» What the exercise asks: Copy out every line in the entries below that includes "this".

#####

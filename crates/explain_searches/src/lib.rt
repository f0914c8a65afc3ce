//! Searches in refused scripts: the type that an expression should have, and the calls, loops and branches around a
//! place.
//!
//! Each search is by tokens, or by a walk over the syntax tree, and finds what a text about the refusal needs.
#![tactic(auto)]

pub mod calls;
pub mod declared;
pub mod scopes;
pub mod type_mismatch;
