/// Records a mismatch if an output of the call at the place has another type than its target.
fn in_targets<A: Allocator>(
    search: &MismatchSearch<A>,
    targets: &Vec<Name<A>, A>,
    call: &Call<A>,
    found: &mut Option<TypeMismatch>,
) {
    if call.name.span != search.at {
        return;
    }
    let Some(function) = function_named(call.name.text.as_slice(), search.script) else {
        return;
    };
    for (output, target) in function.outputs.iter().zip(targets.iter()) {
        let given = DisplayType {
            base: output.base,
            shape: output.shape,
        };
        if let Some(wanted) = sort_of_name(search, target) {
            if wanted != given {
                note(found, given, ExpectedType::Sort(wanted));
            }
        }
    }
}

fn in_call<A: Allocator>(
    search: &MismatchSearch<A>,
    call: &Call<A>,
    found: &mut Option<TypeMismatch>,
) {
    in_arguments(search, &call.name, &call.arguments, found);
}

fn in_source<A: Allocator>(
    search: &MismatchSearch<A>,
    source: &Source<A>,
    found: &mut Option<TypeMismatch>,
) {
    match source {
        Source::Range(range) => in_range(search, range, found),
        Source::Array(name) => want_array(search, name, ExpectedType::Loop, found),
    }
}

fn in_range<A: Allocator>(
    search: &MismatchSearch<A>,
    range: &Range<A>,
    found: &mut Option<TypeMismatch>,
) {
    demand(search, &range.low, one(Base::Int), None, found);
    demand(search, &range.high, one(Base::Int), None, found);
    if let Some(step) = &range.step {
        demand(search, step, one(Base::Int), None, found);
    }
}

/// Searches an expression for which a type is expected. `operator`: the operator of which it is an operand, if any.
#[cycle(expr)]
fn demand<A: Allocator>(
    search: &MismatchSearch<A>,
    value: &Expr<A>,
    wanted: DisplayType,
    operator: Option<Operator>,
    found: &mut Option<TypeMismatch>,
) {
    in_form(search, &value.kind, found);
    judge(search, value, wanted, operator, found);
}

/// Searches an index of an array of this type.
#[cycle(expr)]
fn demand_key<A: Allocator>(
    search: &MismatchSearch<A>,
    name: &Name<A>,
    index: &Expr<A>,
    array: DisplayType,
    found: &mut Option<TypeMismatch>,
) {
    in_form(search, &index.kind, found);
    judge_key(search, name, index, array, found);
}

#####

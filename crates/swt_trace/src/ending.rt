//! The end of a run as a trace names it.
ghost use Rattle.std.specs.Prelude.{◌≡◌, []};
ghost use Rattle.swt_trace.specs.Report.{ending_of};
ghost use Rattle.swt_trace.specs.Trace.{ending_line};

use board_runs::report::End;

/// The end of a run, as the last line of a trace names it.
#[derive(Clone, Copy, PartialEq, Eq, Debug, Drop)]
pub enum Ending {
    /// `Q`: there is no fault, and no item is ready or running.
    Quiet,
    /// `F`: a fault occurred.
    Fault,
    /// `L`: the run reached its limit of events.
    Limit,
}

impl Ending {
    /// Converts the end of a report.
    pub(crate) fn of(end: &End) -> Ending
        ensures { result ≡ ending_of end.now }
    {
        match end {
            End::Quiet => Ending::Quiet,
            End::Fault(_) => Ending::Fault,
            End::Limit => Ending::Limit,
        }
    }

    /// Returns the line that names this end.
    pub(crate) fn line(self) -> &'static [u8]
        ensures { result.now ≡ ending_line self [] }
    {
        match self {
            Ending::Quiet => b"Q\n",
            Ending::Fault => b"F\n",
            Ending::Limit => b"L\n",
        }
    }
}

#####

» Answer:
/// Searches an index of an array of this type.
    /// Returns the line that names this end.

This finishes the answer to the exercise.